Kitchen scraps: for the Garden A good breakfast for us may be eggs, orange juice, a banana, and a hot cup of coffee or tea. Believe it or not, this is also a good meal for your plants. It will not only help them grow stronger, but discourages pests. The same nutrients that make these foods healthful for humans make them beneficial for plants: calcium, potassium, and nitrogen, assorted vitamins and minerals, with bits of protein.
While all of these items can be used as compost material, there are easier, and more immediate, uses in your garden or houseplants.
By Ellen Rubin
Kitchen Scraps to Feed Your Plants
Banana peels are rich in potassium (also known as potash). Plants need potassium to improve the rigidity of their stems, process existing water supplies, enhance fruit and vegetable production, and increase their disease resistance. This is especially important during times of drought or to survive the winter. It is one of the three major nutrients plants receive from the soil or fertilizer (and the third number you see on fertilizer packages). Luckily, there are no negative effects if your plants overindulge on potassium. So…why buy fertilizer when you have leftover banana peel?
There are several way to use them:
- Dice or shred the peel, let it dry out, then scatter it on top of the soil. It will eventually rot and the nutrients will soak into the soil.

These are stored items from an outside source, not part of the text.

//! What became of a message that was sent.

ghost use Rattle.std.specs.Prelude.{◌≡◌, true, Some};
ghost use Rattle.nm_types.specs.declared.messages.How.TheVariants.{Eager};
ghost use Rattle.nm_sending.specs.Departures.{ending_of, fresh, is_over};
ghost use Rattle.nm_sending.specs.Rows.{is_settled as is_settled_lem, is_withdrawn as is_withdrawn_lem};
ghost use Rattle.nm_sending.specs.Rows.{with_recalled as with_recalled_lem};

use nm_types::{Answer, How};

/// What became of a message that was sent.
#[derive(Clone, Copy)]
pub struct Departure {
    pub how: How,
    /// Its length in bytes.
    pub len: u32,
    /// Whether it has left.
    pub out: bool,
    /// Whether its receiver was asked to withdraw it.
    pub recalled: bool,
    /// The answer to that, if it came back: whether the message was withdrawn.
    pub undone: Option<bool>,
}

impl Departure {
    /// A message that was just sent.
    pub fn new(how: How, len: u32) -> Self
        ensures { result ≡ fresh how len }
    {
        Departure {
            how,
            len,
            out: false,
            recalled: false,
            undone: None,
        }
    }

    /// Whether its send is complete.
    pub(crate) fn is_complete(&self) -> bool
        ensures { result ≡ is_over self.now }
    {
        if !self.recalled {
            return self.out;
        }
        match self.undone {
            Some(done) => done || self.out,
            None => false,
        }
    }

    /// What its send ended with, if it is complete.
    pub(crate) fn ending(&self) -> Option<Answer>
        ensures { result ≡ ending_of self.now }
    {
        if !self.is_complete() {
            return None;
        }
        match self.undone {
            Some(true) => Some(Answer::Cancelled),
            _ => Some(Answer::Sent),
        }
    }

    /// Whether it was recalled and withdrawn.
    fn is_withdrawn(&self) -> bool
        ensures { result ≡ is_withdrawn_lem self.now }
    {
        if !self.recalled {
            return false;
        }
        match self.undone {
            Some(done) => done,
            _ => false,
        }
    }

    /// Whether it has left, or never will: it was sent by asking and was withdrawn.
    pub(crate) fn is_settled(&self) -> bool
        ensures { result ≡ is_settled_lem self.now }
    {
        if self.out {
            return true;
        }
        match self.how {
            How::Eager => false,
            How::Ask => self.is_withdrawn(),
        }
    }

    /// The message when it has left.
    pub(crate) fn left(self) -> Self
        ensures { result ≡ record self { out = true } }
    {
        Departure { out: true, ..self }
    }

    /// A message that has left, without its way and its length.
    pub(crate) fn gone() -> Self
        ensures { result ≡ record (fresh Eager 0) { out = true } }
    {
        Departure::new(How::Eager, 0).left()
    }

    /// The message with its recall, if it was recalled, and with the answer to that, if it came back.
    pub(crate) fn with_recalled(self, recall: Option<Option<bool>>) -> Self
        ensures { result ≡ with_recalled_lem self recall }
    {
        let (recalled, undone) = match recall {
            Some(undone) => (true, undone),
            None => (false, None),
        };
        Departure {
            recalled,
            undone,
            ..self
        }
    }
}
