//! Laws of a rank's own messages. Each is the contract of a function that does nothing.

ghost use Rattle.std.specs.Prelude.{◌≡◌, ◌^◌, ℕ, false, List, ◌++◌};
ghost use Rattle.std.specs.List.{AllByRecursion};
ghost use Rattle.nm_history.specs.declared.events.Event.{Event};
ghost use Rattle.nm_sending.specs.Outboxes.{OutboxView};
ghost use Rattle.nm_sending.specs.declared.TheConstants.{MAX_MESSAGES};
ghost use Rattle.nm_sending.specs.Departures.{SendingView};
ghost use Rattle.nm_sending.specs.Sent.{AreSent, is_of_sending};

/// Events that are none of a rank's own messages change nothing of what became of them, and neither
/// do packets of other sorts and room.
pub fn messages_stay()
    ensures others { (v : SendingView) (h events : List Event) →
        AllByRecursion (λ e. is_of_sending e.what ≡ false) events → AreSent v h →
        AreSent v (h ++ events) }
    ensures outbox { (v : SendingView) (h : List Event) (o : OutboxView) → AreSent v h →
        AreSent (record v { outbox = o }) h }
{}

/// The number of messages that can be sent to a rank in all.
pub fn limit()
    ensures { MAX_MESSAGES ≡ 2 ^ 50 }
{}
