//! A use of `nm_report` with `nm_script`: a script is read, and the report is written of the record of
//! a rank that waits at the script's last line.

mod telling;

use nm_script::read;
use nm_types::Shape;
use std::test::Fail;
use telling::stands_at;

/// Prints the report of a rank that waits for a receive.
pub fn show(rt: &HostRuntime) -> Result<(), Fail> {
    let script = read(rt.alloc(), b"ranks 1\n0: irecv 0 0 7 0 16\n0: wait 0\n")?;
    let last = script.lines.len() as u64;
    let Ok(shape) = Shape::new(1, 8, 1024) else {
        return Ok(());
    };
    let text = stands_at(rt.alloc(), shape, last.saturating_add(1))?;
    let text = String::from_utf8(text)?;
    print!(rt; "{text}")?;
    Ok(())
}
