//! What was recalled of the messages to one rank.

ghost use Rattle.std.specs.Prelude.{◌≡◌, ◌<◌, [], ◌∷◌, ◌++◌, Some, None, nat_eq, IfOk, IsSome, OnOk};
ghost use Rattle.std.specs.Map.{lookup, set_value};
ghost use Rattle.indexmap.specs.IndexMap.{spare as room_in};

use indexmap::IndexMap;
use nm_types::Memory;
use std::alloc::Global;
use std::marker::Model;

/// The recalls of messages, each by its message's number, with its answer if it came back. To most ranks nothing
/// is recalled, so the map is made for the first.
pub(crate) struct Recalls {
    map: Option<Box<IndexMap<u64, Option<bool>>>>,
    alloc: Global,
}

impl Drop for Recalls {
    fn drop(self) {
        let Recalls { map: _, alloc: _ } = self;
    }
}

impl Model for Recalls {
    ghost use Rattle.std.specs.Prelude.{[]};
    ghost use Rattle.std.specs.Option.{option_map_or};
    ghost use Rattle.indexmap.specs.IndexMap.{spare as room_in};
    ghost use Rattle.nm_sending.specs.Rows.{RecallsView};

    ghost Value = { RecallsView };

    ghost view = { λ r. record {
      entries = option_map_or (λ map. map.value.entries) r.map [];
      spare = option_map_or (λ map. room_in map.value) r.map 0;
    } };
}

/// A map without recalls, with room for one.
fn room_for_one(alloc: Global) -> Result<Box<IndexMap<u64, Option<bool>>>, Memory>
    ensures entries { IfOk result (λ map. map.value.entries ≡ []) }
    ensures room { IfOk result (λ map. 0 < room_in map.value) }
{
    let mut map = IndexMap::new(alloc);
    map.reserve(1)?;
    Ok(Box::new(alloc, map)?)
}

/// Makes room for one recall more.
fn make_room(map: &mut IndexMap<u64, Option<bool>>) -> Result<(), Memory>
    ensures entries { map.new.entries ≡ map.old.entries }
    ensures room { OnOk result (0 < room_in map.new) }
{
    map.reserve(1)?;
    Ok(())
}

/// Notes a recall behind those of the map. There is room for it.
fn note(map: &mut IndexMap<u64, Option<bool>>, n: u64)
    requires room { 0 < room_in map.old }
    requires is_new { lookup (nat_eq n) map.old.entries ≡ None }
    ensures { map.new.entries ≡ map.old.entries ++ (n, None) ∷ [] }
{
    let Ok(_before) = map.insert(n, None) else {
        unreachable!()
    };
}

impl Recalls {
    /// Nothing was recalled.
    pub(crate) fn new(alloc: Global) -> Self
        ensures { result.entries ≡ [] }
    {
        Recalls { map: None, alloc }
    }

    /// The recall of a message, with its answer if it came back.
    pub(crate) fn get(&self, n: u64) -> Option<Option<bool>>
        ensures { result ≡ lookup (nat_eq n) self.now.entries }
    {
        match &self.map {
            Some(map) => map.get(&n).copied(),
            None => None,
        }
    }

    /// Makes room for one recall more.
    pub(crate) fn reserve(&mut self) -> Result<(), Memory>
        ensures entries { self.new.entries ≡ self.old.entries }
        ensures room { OnOk result (0 < self.new.spare) }
    {
        match &mut self.map {
            Some(map) => make_room(map),
            None => {
                self.map = Some(room_for_one(self.alloc)?);
                Ok(())
            }
        }
    }

    /// Notes a recall behind the others. There is room for it.
    pub(crate) fn add(&mut self, n: u64)
        requires room { 0 < self.old.spare }
        requires is_new { lookup (nat_eq n) self.old.entries ≡ None }
        ensures { self.new.entries ≡ self.old.entries ++ (n, None) ∷ [] }
    {
        if let Some(map) = &mut self.map {
            note(map, n);
        }
    }

    /// Notes the answer of a recall.
    pub(crate) fn answer(&mut self, n: u64, done: bool)
        requires { IsSome (lookup (nat_eq n) self.old.entries) }
        ensures { self.new.entries ≡ set_value (nat_eq n) self.old.entries (Some done) }
    {
        if let Some(map) = &mut self.map {
            *map.get_mut(&n).unwrap() = Some(done);
        }
    }
}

- Bury small pieces of peels 1-2” deep in your garden. This will not only add nutrients, but also repel aphids and ants. They don’t like the smell.
- The entire peel can be buried more deeply near the plant’s roots. Unfortunately, this has the potential of attracting animals who might want to dig it up.

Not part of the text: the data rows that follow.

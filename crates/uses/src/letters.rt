//! What parcels and cells carry: a byte of a text.

ghost use Rattle.std.specs.Prelude.{◌≡◌, ◌<◌};
ghost use Rattle.nm_types.specs.declared.limits.TheConstants.{MAX_PACKETS};

use nm_chain::table::{Item, Parcel};

/// A byte.
#[derive(Drop)]
pub struct Letter {
    pub byte: u8,
}

impl Item for Letter {
    ghost use Rattle.std.specs.Prelude.{true};

    ghost boxable = { λ _. true };

    fn fits_box(&self) -> bool {
        true
    }
}

/// A parcel of rank 0 with one byte.
pub fn parcel(seq: u64, byte: u8) -> Parcel<Letter>
    requires { seq < MAX_PACKETS }
    ensures { (result.from ≡ 0) × (result.seq ≡ seq) × (result.item.byte ≡ byte) }
{
    Parcel {
        from: 0,
        seq,
        item: Letter { byte },
    }
}
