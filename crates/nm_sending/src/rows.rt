//! What became of each message to one rank.

ghost use Rattle.std.specs.Prelude.{◌≡◌, ◌+◌, ◌<◌, ◌≤◌, ◌^◌, ◌&&◌, [], ◌∷◌, ◌++◌, true, length, not, Some};
ghost use Rattle.std.specs.Prelude.{slice_get, slice_set, nat_eq, option_map, OnOk};
ghost use Rattle.std.specs.Map.{lookup};
ghost use Rattle.nm_sending.specs.Departures.{fresh, passes, was_undone};
ghost use Rattle.nm_sending.specs.declared.departures.Departure.{Departure};
ghost use Rattle.nm_sending.specs.Rows.{all_recalled, fate, gone, is_settled as is_settled_lem, stays, with_recalled};

use crate::departures::Departure;
use crate::recalls::Recalls;
use nm_kept::Kept;
use nm_types::{How, Memory};
use std::alloc::Global;
use std::marker::Model;

/// What became of each message to one rank, by number. Memory holds those from the first on that may still leave,
/// and each recall.
pub(crate) struct Row {
    // without their recalls
    sent: Kept<Departure>,
    recalls: Recalls,
}

impl Drop for Row {
    fn drop(self) {
        let Row {
            sent: _,
            recalls: _,
        } = self;
    }
}

impl Model for Row {
    ghost use Rattle.std.specs.Prelude.{◌-◌, length};
    ghost use Rattle.nm_sending.specs.Rows.{RowKeeps, RowView, all_recalled};

    ghost Value = { RowView };

    ghost view = { λ a. record {
      items = all_recalled a.recalls.entries 0 a.sent.items;
      room = a.sent.places - length a.sent.items;
      spare = a.recalls.spare;
    } };

    ghost invariant = { λ a. RowKeeps a.sent a.recalls.entries };
}

/// Whether message `n` has left, or never will.
#[inline(always)]
fn is_settled(departure: &Departure, recalls: &Recalls, n: u64) -> bool
    ensures { result ≡ is_settled_lem
        (with_recalled departure.now (lookup (nat_eq n) recalls.now.entries)) }
{
    if departure.out {
        return true;
    }
    departure.with_recalled(recalls.get(n)).is_settled()
}

/// Whether the first message in memory has left, or never will.
#[inline(always)]
fn is_first_settled(sent: &Kept<Departure>, recalls: &Recalls) -> bool
    requires few { length sent.now.items < 2 ^ 64 }
    ensures { result ≡ passes is_settled_lem
        (slice_get (all_recalled recalls.now.entries 0 sent.now.items) sent.now.forgotten) }
{
    match sent.first() {
        Some(departure) => is_settled(departure, recalls, sent.forgotten()),
        None => false,
    }
}

/// Lets go the messages at the front that have left, or never will.
#[inline(always)]
fn let_go(sent: &mut Kept<Departure>, recalls: &Recalls)
    requires few { length sent.old.items < 2 ^ 64 }
    requires low { sent.old.forgotten ≤ gone (all_recalled recalls.now.entries 0 sent.old.items) }
    ensures same { sent.new.items ≡ sent.old.items }
    ensures first { sent.new.forgotten ≡ gone (all_recalled recalls.now.entries 0 sent.old.items) }
{
    for _gone in 0..sent.held() {
        if !is_first_settled(sent, recalls) {
            return;
        }
        sent.forget_first();
    }
}

impl Row {
    /// No messages.
    pub(crate) fn new(alloc: Global) -> Row
        ensures { result.items ≡ [] }
    {
        Row {
            sent: Kept::new(alloc),
            recalls: Recalls::new(alloc),
        }
    }

    /// How many messages there are.
    pub(crate) fn count(&self) -> u64
        ensures { result ≡ length self.now.items }
    {
        self.sent.len()
    }

    /// How many messages are in memory: those from the first on that may still leave.
    pub(crate) fn held(&self) -> usize
        ensures { gone self.now.items + result ≡ length self.now.items }
    {
        self.sent.held()
    }

    /// Makes room for one message more.
    pub(crate) fn reserve(&mut self) -> Result<(), Memory>
        ensures items { self.new.items ≡ self.old.items }
        ensures ok { OnOk result (0 < self.new.room) }
    {
        self.sent.reserve(1)
    }

    /// Makes room for one recall more.
    pub(crate) fn reserve_recall(&mut self) -> Result<(), Memory>
        ensures items { self.new.items ≡ self.old.items }
        ensures ok { OnOk result (0 < self.new.spare) }
    {
        self.recalls.reserve()
    }

    /// Adds the next message. There is room for it.
    pub(crate) fn push(&mut self, how: How, len: u32)
        requires room { 0 < self.old.room }
        requires few { length self.old.items + 1 < 2 ^ 64 }
        ensures { self.new.items ≡ self.old.items ++ fresh how len ∷ [] }
    {
        let departure = Departure::new(how, len);
        self.sent.push_reserved(departure);
    }

    /// What became of message `n`, if it was sent. Where it was let go its way and its length are not known.
    pub(crate) fn get(&self, n: u64) -> Option<Departure>
        ensures { option_map fate result ≡ option_map fate (slice_get self.now.items n) }
    {
        if n >= self.sent.len() {
            return None;
        }
        let recall = self.recalls.get(n);
        Some(match self.sent.get(n) {
            Some(departure) => departure.with_recalled(recall),
            None => Departure::gone().with_recalled(recall),
        })
    }

    /// A message has left.
    pub(crate) fn leave(&mut self, n: u64)
        requires { passes stays (slice_get self.old.items n) ≡ true }
        ensures { (d : Departure) → slice_get self.old.items n ≡ Some d →
            self.new.items ≡ slice_set self.old.items n (record d { out = true }) }
    {
        let departure = *self.sent.get(n).unwrap();
        self.sent.set(n, departure.left());
        let_go(&mut self.sent, &self.recalls);
    }

    /// The receiver of a message was asked to withdraw it. There is room for that.
    pub(crate) fn recall(&mut self, n: u64)
        requires room { 0 < self.old.spare }
        requires is_new { passes (λ d. not d.recalled) (slice_get self.old.items n) ≡ true }
        ensures { (d : Departure) → slice_get self.old.items n ≡ Some d →
            self.new.items ≡ slice_set self.old.items n (record d { recalled = true }) }
    {
        self.recalls.add(n);
    }

    /// The answer to a message's recall came back, which had none. One that was withdrawn is let go with those
    /// before it, once none of them may leave.
    pub(crate) fn answer(&mut self, n: u64, done: bool)
        requires { passes (λ d. d.recalled && not (was_undone true d)) (slice_get self.old.items n)
            ≡ true }
        ensures { (d : Departure) → slice_get self.old.items n ≡ Some d →
            self.new.items ≡ slice_set self.old.items n (record d { undone = Some done }) }
    {
        self.recalls.answer(n, done);
        let_go(&mut self.sent, &self.recalls);
    }
}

- A banana tea can be made by soaking a fresh peel in water for a day or two, then use it to water your plants. This gives them a quick boost of potassium.
- You can make a yellow-jacket trap by adding a banana peel to water, sugar, and apple cider vinegar.
Eggshells are a great source of nutrients because they are rich in calcium. In fact, 95-98% of the shell is made of calcium carbonate. The remainder is magnesium, potassium, iron, phosphorus, protein, and trace amounts of manganese.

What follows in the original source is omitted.